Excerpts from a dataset
= Beginning of Section =

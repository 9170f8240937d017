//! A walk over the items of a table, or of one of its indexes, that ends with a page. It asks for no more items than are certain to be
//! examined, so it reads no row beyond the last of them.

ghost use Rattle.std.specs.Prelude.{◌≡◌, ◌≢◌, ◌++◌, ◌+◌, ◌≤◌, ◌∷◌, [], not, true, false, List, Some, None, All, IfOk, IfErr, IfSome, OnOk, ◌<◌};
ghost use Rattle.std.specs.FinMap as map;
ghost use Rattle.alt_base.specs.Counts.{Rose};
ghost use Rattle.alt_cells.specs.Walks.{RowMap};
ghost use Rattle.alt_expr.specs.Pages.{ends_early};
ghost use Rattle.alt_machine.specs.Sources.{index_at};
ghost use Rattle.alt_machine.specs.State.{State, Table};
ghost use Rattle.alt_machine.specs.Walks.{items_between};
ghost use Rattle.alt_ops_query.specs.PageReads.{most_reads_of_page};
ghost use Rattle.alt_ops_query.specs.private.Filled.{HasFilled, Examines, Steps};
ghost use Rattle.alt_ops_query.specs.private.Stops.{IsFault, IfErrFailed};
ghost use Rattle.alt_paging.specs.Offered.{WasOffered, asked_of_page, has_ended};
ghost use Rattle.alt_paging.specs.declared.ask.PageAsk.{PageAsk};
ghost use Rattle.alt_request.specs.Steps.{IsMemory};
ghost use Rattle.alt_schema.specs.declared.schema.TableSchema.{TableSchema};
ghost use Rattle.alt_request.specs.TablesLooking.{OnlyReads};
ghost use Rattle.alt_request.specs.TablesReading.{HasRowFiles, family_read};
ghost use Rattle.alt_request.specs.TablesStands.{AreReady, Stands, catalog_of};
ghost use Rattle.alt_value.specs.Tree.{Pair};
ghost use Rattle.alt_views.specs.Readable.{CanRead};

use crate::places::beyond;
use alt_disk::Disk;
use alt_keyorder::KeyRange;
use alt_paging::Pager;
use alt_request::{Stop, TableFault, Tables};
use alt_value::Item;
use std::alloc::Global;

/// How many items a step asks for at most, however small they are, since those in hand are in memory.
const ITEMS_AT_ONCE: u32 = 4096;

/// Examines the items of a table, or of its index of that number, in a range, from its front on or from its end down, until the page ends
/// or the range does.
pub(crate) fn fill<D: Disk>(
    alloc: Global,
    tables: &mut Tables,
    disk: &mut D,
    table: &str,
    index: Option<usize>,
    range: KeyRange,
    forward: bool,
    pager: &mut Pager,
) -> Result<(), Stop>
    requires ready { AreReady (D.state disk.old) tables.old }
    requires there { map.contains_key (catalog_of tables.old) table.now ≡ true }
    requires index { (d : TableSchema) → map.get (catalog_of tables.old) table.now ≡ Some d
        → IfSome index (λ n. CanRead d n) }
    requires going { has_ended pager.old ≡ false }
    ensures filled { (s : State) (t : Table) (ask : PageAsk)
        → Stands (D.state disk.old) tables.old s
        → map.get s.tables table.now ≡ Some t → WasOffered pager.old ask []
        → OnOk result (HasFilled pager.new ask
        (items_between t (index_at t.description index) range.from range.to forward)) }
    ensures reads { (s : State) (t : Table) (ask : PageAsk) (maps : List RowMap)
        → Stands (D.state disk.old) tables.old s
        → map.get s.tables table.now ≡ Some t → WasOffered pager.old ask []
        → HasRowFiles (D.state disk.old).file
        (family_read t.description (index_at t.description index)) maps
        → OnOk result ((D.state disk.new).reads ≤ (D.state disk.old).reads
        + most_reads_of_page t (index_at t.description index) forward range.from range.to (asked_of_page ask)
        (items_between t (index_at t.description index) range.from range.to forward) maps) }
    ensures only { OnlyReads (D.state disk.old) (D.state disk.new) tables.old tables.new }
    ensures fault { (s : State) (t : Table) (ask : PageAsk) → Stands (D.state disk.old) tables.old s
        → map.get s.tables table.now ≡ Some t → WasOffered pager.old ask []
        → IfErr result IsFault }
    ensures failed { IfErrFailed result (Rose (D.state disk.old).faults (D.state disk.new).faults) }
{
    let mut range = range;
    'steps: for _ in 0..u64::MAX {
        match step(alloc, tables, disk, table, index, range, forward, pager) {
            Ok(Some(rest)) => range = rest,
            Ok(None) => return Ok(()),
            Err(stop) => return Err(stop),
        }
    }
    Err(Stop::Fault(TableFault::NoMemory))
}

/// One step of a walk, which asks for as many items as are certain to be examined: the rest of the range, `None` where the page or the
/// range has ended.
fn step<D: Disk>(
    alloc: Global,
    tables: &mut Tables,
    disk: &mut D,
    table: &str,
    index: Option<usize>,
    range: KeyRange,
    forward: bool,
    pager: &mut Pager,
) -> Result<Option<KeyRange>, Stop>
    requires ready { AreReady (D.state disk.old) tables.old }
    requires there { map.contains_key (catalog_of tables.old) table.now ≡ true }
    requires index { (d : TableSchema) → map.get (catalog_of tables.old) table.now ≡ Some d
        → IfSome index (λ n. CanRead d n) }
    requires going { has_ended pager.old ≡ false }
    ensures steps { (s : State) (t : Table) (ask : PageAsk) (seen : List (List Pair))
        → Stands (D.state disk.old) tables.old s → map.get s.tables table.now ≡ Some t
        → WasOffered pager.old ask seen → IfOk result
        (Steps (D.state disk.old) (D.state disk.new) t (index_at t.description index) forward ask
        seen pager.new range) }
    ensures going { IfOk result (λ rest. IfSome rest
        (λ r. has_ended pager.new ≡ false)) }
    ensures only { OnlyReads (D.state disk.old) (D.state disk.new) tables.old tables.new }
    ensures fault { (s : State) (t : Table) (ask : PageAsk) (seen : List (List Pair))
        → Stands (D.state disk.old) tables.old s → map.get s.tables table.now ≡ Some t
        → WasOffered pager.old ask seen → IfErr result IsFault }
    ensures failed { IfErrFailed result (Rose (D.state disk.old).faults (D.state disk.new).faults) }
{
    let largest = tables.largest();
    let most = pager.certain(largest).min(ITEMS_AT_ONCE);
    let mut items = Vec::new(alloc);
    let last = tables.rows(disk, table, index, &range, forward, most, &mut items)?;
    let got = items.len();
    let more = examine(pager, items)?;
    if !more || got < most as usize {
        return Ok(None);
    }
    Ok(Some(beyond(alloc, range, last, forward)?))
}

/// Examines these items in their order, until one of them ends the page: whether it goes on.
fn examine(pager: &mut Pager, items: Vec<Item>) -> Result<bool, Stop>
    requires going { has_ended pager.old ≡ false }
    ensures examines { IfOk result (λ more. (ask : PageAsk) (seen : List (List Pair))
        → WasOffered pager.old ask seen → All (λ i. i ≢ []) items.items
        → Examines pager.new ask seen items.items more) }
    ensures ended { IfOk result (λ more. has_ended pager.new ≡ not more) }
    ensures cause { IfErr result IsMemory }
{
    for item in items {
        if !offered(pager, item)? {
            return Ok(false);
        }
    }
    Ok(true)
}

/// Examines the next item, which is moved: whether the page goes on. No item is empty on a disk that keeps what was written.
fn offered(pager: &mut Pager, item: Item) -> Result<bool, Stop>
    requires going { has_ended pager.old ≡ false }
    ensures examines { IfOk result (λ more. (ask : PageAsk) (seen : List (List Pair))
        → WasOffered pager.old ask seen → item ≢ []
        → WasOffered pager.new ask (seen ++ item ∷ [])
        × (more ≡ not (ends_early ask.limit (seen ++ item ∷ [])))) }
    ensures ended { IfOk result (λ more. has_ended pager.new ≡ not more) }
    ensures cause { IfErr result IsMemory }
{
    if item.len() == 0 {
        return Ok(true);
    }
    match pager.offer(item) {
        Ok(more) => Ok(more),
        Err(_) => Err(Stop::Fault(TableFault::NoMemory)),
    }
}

= End of Section =

*Try it*. Exactly and only the lines from the line containing "for item in" through the last line of the entries should be copied, both ends included.

*Reply*.
    for item in items {
        if !offered(pager, item)? {
            return Ok(false);
        }
    }
    Ok(true)
}

/// Examines the next item, which is moved: whether the page goes on. No item is empty on a disk that keeps what was written.
fn offered(pager: &mut Pager, item: Item) -> Result<bool, Stop>
    requires going { has_ended pager.old ≡ false }
    ensures examines { IfOk result (λ more. (ask : PageAsk) (seen : List (List Pair))
        → WasOffered pager.old ask seen → item ≢ []
        → WasOffered pager.new ask (seen ++ item ∷ [])
        × (more ≡ not (ends_early ask.limit (seen ++ item ∷ [])))) }
    ensures ended { IfOk result (λ more. has_ended pager.new ≡ not more) }
    ensures cause { IfErr result IsMemory }
{
    if item.len() == 0 {
        return Ok(true);
    }
    match pager.offer(item) {
        Ok(more) => Ok(more),
        Err(_) => Err(Stop::Fault(TableFault::NoMemory)),
    }
}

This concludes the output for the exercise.